On 2018年03月05日 14:28 GMT, Bjorn Helgaas wrote:
> On Fri, Mar 02, 2018 at 04:47:16PM -0700, Kenny Ballou wrote:
>>
>> On 2018年02月28日 03:32 GMT, Bjorn Helgaas wrote:
>> > On Mon, Feb 12, 2018 at 04:04:57PM -0700, Kenny Ballou wrote:
>> >> Convert ROM read access enable/disable string parsing to use the
>> >> `kstrtobool` function.
>> >>
>> >> This fixes Bugzilla Bug 111301 -- Sysfs PCI rom file functionality does
>> >> not match documentation.
>> >>
>> >> bugzilla: https://bugzilla.kernel.org/show_bug.cgi?id=111301
>> >>
>> >> Reported-by: googlegot@yahoo.com
>> >> Signed-off-by: Kenny Ballou <kballou@devnulllabs.io>
>> >> ---
>> >>  drivers/pci/pci-sysfs.c | 8 +++++---
>> >>  1 file changed, 5 insertions(+), 3 deletions(-)
>> >>
>> >> diff --git a/drivers/pci/pci-sysfs.c b/drivers/pci/pci-sysfs.c
>> >> index eb6bee8724cc..3cde1f25e786 100644
>> >> --- a/drivers/pci/pci-sysfs.c
>> >> +++ b/drivers/pci/pci-sysfs.c
>> >> @@ -1424,10 +1424,12 @@ static ssize_t pci_write_rom(struct file *filp, struct kobject *kobj,
>> >>  {
>> >>  	struct pci_dev *pdev = to_pci_dev(kobj_to_dev(kobj));
>> >>
>> >> -	if ((off ==  0) && (*buf == '0') && (count == 2))

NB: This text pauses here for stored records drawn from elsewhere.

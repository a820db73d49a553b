//! Lines of all kinds, as they are read.
ghost use Rattle.std.specs.Prelude.{◌≡◌};
ghost use Rattle.vk_abi_text.specs.Forms.{line_parts, line_view, other};
ghost use Rattle.vk_abi_text.specs.Lines.{AbiLine, line_text};
ghost use Rattle.vk_abi_text.specs.Parts.{line_of};
ghost use Rattle.vk_abi_text.specs.Rights.{IsReadableLine};

use crate::inputs::DepDigest;
use crate::leaves::{AnyVersion, PlannedFeature, YesOrNo};
use crate::values::{AnyBuilder, AnyDep, AnyFile, AnyTriplet};
use std::alloc::Global;
use vk_base::{FeatureName, Memory, PortName, TripletName};
use vk_digest::Digest;
use vk_folder::FileDigest;
use vk_forms::{Either, Form, Or, Port, Then, Word};
use vk_model::Builder;
use vk_version::Version;

/// What a line says.
#[derive(Drop)]
pub enum Line {
    /// Who builds it.
    Builder(Builder),
    /// A direct dependency.
    Dep(DepDigest),
    /// A feature.
    Feature(FeatureName),
    /// A file of the port's folder.
    File(FileDigest),
    /// Whether the triplet is the host's.
    Native(bool),
    /// The port.
    Port(PortName),
    /// The triplet, and the digest of its file.
    Triplet(TripletName, Digest),
    /// The version.
    Version(Version),
}

type Said<T> = ((), T);

type LateParts = Either<Said<(TripletName, Digest)>, Said<Version>>;

type PlainParts = Either<Said<bool>, Either<Said<PortName>, LateParts>>;

type ListParts = Either<Said<FeatureName>, Either<Said<FileDigest>, PlainParts>>;

type LineParts = Either<Said<Builder>, Either<Said<DepDigest>, ListParts>>;

fn line_of(parts: LineParts) -> Line
    ensures { line_view result ≡ line_of (line_parts parts) }
{
    match parts {
        Either::One((_, builder)) => Line::Builder(builder),
        Either::Other(Either::One((_, dep))) => Line::Dep(dep),
        Either::Other(Either::Other(rest)) => list_line(rest),
    }
}

fn list_line(parts: ListParts) -> Line
    ensures { line_view result ≡ line_of (line_parts (other (other parts))) }
{
    match parts {
        Either::One((_, feature)) => Line::Feature(feature),
        Either::Other(Either::One((_, file))) => Line::File(file),
        Either::Other(Either::Other(rest)) => plain_line(rest),
    }
}

fn plain_line(parts: PlainParts) -> Line
    ensures { line_view result ≡ line_of (line_parts (other (other (other (other parts))))) }
{
    match parts {
        Either::One((_, native)) => Line::Native(native),
        Either::Other(Either::One((_, port))) => Line::Port(port),
        Either::Other(Either::Other(Either::One((_, (name, digest))))) => {
            Line::Triplet(name, digest)
        }
        Either::Other(Either::Other(Either::Other((_, version)))) => Line::Version(version),
    }
}

/// A line of any kind.
#[derive(Drop)]
pub struct AnyLine;

impl Form for AnyLine {
    type Out = Line;

    ghost Plain = { AbiLine };

    ghost plain = { line_view };

    ghost prints = { λ f. line_text };

    ghost is_right = { λ f. IsReadableLine };

    fn read(&self, alloc: Global, text: &str) -> Result<Option<Line>, Memory> {
        let late = Or(
            Then(Word("triplet"), AnyTriplet),
            Then(Word("version"), AnyVersion),
        );
        let plain = Or(
            Then(Word("native"), YesOrNo),
            Or(Then(Word("port"), Port), late),
        );
        let lists = Or(
            Then(Word("feature"), PlannedFeature),
            Or(Then(Word("file"), AnyFile), plain),
        );
        let form = Or(
            Then(Word("builder"), AnyBuilder),
            Or(Then(Word("dep"), AnyDep), lists),
        );
        match form.read(alloc, text)? {
            Some(parts) => Ok(Some(line_of(parts))),
            None => Ok(None),
        }
    }
}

>> >> -		pdev->rom_attr_enabled = 0;
>> >> -	else
>> >> +	bool res = false;
>> >> +
>> >> +	if (kstrtobool(buf, &res) == 0 && res)

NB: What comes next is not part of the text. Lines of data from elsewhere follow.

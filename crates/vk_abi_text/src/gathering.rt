//! What lines say, gathered line by line.
ghost use Rattle.std.specs.Prelude.{◌≡◌, [], IfOk, map};
ghost use Rattle.vk_abi_text.specs.Adding.{Adds, Follows, PutsOnce, PutsOther, TellsLast};
ghost use Rattle.vk_abi_text.specs.Adding.{gathering_view};
ghost use Rattle.vk_model.specs.SettingViews.{instance_view};
ghost use Rattle.vk_abi_text.specs.Forms.{line_view};
ghost use Rattle.vk_abi_text.specs.Gathered.{gathered};
ghost use Rattle.vk_abi_text.specs.Views.{dep_view, file_view};

use crate::inputs::DepDigest;
use crate::kinds::{AnyLine, Line};
use std::alloc::Global;
use std::cmp::Ordering;
use vk_base::{FeatureName, Instance, List, Memory, PortName, TreePath, TripletName};
use vk_digest::Digest;
use vk_folder::FileDigest;
use vk_forms::Form;
use vk_model::Builder;
use vk_version::Version;

/// What the lines so far say.
#[derive(Drop)]
pub(crate) struct Gathering {
    pub(crate) builder: Option<Builder>,
    pub(crate) deps: List<DepDigest>,
    pub(crate) features: List<FeatureName>,
    pub(crate) files: List<FileDigest>,
    pub(crate) native: Option<bool>,
    pub(crate) port: Option<PortName>,
    pub(crate) triplet: Option<(TripletName, Digest)>,
    pub(crate) version: Option<Version>,
}

impl Gathering {
    /// Nothing yet.
    pub(crate) fn new(alloc: Global) -> Gathering
        ensures { gathering_view result ≡ gathered [] }
    {
        Gathering {
            builder: None,
            deps: List::new(alloc),
            features: List::new(alloc),
            files: List::new(alloc),
            native: None,
            port: None,
            triplet: None,
            version: None,
        }
    }
}

// Puts a value where none is; false where there is one.
fn put_once<T: Drop>(place: &mut Option<T>, value: T) -> bool
    ensures { PutsOnce value place.old place.new result }
{
    if place.is_some() {
        return false;
    }
    *place = Some(value);
    true
}

// Whether the last dependency is one on this instance.
fn is_last_instance(deps: &[DepDigest], inst: &Instance) -> bool
    ensures { TellsLast (λ d. d.instance) (map dep_view deps.now) (instance_view inst.now) result }
{
    match deps {
        [.., last] => last.inst == *inst,
        [] => false,
    }
}

// Puts a dependency at the end; false where the last is one on the same instance.
fn put_dep(deps: &mut List<DepDigest>, dep: DepDigest) -> Result<bool, Memory>
    ensures { IfOk result (PutsOther (λ d. d.instance) (dep_view dep)
        (map dep_view deps.old) (map dep_view deps.new)) }
{
    if is_last_instance(deps.as_slice(), &dep.inst) {
        drop(dep);
        return Ok(false);
    }
    deps.push(dep)?;
    Ok(true)
}

// Whether the last file has this path.
fn is_last_path(files: &[FileDigest], path: &TreePath) -> bool
    ensures { TellsLast (λ f. f.path) (map file_view files.now) path.now result }
{
    match files {
        [.., last] => last.path == *path,
        [] => false,
    }
}

// Puts a file at the end; false where the last has the same path.
fn put_file(files: &mut List<FileDigest>, file: FileDigest) -> Result<bool, Memory>
    ensures { IfOk result (PutsOther (λ f. f.path) (file_view file)
        (map file_view files.old) (map file_view files.new)) }
{
    if is_last_path(files.as_slice(), &file.path) {
        drop(file);
        return Ok(false);
    }
    files.push(file)?;
    Ok(true)
}

// Adds what a line says; false where it is a second line.
fn add(gathering: &mut Gathering, line: Line) -> Result<bool, Memory>
    ensures { IfOk result (Adds (line_view line)
        (gathering_view gathering.old) (gathering_view gathering.new)) }
{
    match line {
        Line::Builder(builder) => Ok(put_once(&mut gathering.builder, builder)),
        Line::Dep(dep) => put_dep(&mut gathering.deps, dep),
        Line::Feature(feature) => {
            gathering.features.push(feature)?;
            Ok(true)
        }
        Line::File(file) => put_file(&mut gathering.files, file),
        Line::Native(native) => Ok(put_once(&mut gathering.native, native)),
        Line::Port(port) => Ok(put_once(&mut gathering.port, port)),
        Line::Triplet(name, digest) => Ok(put_once(&mut gathering.triplet, (name, digest))),
        Line::Version(version) => Ok(put_once(&mut gathering.version, version)),
    }
}

/// Adds what the next line says; false where the text is that of no line, or of none that is above
/// the last and new.
pub(crate) fn follow(
    alloc: Global,
    gathering: &mut Gathering,
    last: &str,
    text: &str,
) -> Result<bool, Memory>
    ensures { IfOk result (Follows last.now text.now
        (gathering_view gathering.old) (gathering_view gathering.new)) }
{
    match last.cmp(text) {
        Ordering::Less => {}
        Ordering::Equal | Ordering::Greater => return Ok(false),
    }
    match AnyLine.read(alloc, text)? {
        Some(line) => add(gathering, line),
        None => Ok(false),
    }
}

>> >>  		pdev->rom_attr_enabled = 1;
>> >> +	else
>> >> +		pdev->rom_attr_enabled = 0;
>> >>
>> >>  	return count;
>> >>  }
>> >
>> > I know I proposed kstrtobool().  But looking closer, I don't think
>> > it's the right answer because:
>> >
>> >   - kstrtobool() assumes a NULL-terminated string, and sysfs does not
>> >     guarantee that.  This is a binary file and we can write arbitrary
>> >     data to it.  kstrtobool_from_user() makes sure the string is
>> >     NULL-terminated, but it does a copy_from_user() that we don't want
>> >     in the sysfs case.
>> >
>> >   - The current behavior is that only 2-byte writes starting with '0'
>> >     disable the ROM, and all other writes enable it.
>> >
>> >     Using kstrtobool() would enable the ROM only for writes starting
>> >     with y/Y/1/on/oN/On/ON, and all other writes would disable it.
>> >
>> >     That changes the behavior for most writes, e.g., writing "2"

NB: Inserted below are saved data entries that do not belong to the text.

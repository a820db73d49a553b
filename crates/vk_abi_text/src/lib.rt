//! The ABI text of one package: all that goes into its build, a line each, written and read back.
//! It promises upwards that a text is that of its input, and that right inputs with one text are
//! one build.
#![tactic(auto)]

mod gathering;
mod inputs;
mod kinds;
pub mod laws;
mod leaves;
mod lines;
mod readers;
mod values;
mod writing;

pub use inputs::{AbiInput, AbiSource, DepDigest};
pub use readers::{AbiFault, read_abi};
pub use vk_folder::FileDigest;
pub use writing::{abi_hash, abi_text};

>> >     currently enables, but would now disable.  This feels
>> >     unnecessarily risky because we don't know what programs are
>> >     writing to enable the ROM.  The doc says to write "1", but the
>> >     code comment says "anything except 0".
>> >
>> > We *could* change the code to accept a single-byte '0' write, but I
>> > think the simplest solution would be to change the documentation to
>> > explicitly require a 2-byte "0\n" write to disable the ROM.
>> >
>> > Sorry for dithering on this.
>> >
>> > Bjorn
>>
>> I was not under the impression that this particular device needed data
>> written to it(?).  If it is the case that arbitrary data needs to be
>> written, your argument makes sense, and I can put together a patch for
>> the documentation instead.
>
> I'm not sure I understand your question, but here's a stab at
> answering it:
>
> The sysfs "rom" file has a read method (pci_read_rom()) and a write
> method (pci_write_rom()).  User-space software can open the file and
> do a read() system call to read the contents of the ROM from the
> device, so pci_read_rom() is directly connected to the PCI hardware
> device.
>
> The write method doesn't touch the hardware device at all; it's only a
> software switch, and the data written to the sysfs "rom" file is never
> written to the PCI hardware device at all.  It doesn't need any
> particular data written to it.  The data can be whatever we decide it
> should be, and we can interpret that data in any way we like since
> it's purely a software construct.
>
> However, there is user-space software that assumes certain behavior
> (enabling/disabling read access to the ROM).  We don't want to break
> that software.  Using kstrtobool() would change the interpretation of
> some writes.  We *could* assume that user-space software always writes
> "1" to enable reads of the ROM and "0" to disable reads, but it's
> impossible to be certain of that.
>
> So the safest thing in terms of not breaking the ABI is to leave the
> code unchanged but update the documentation.  Does that make sense?
>
> Bjorn

Perfectly clear.  Thank you for the explanation.  That confirms that I
was thinking about it correctly, but your desire to leave it unchanged
had me thinking I didn't understand how this all worked.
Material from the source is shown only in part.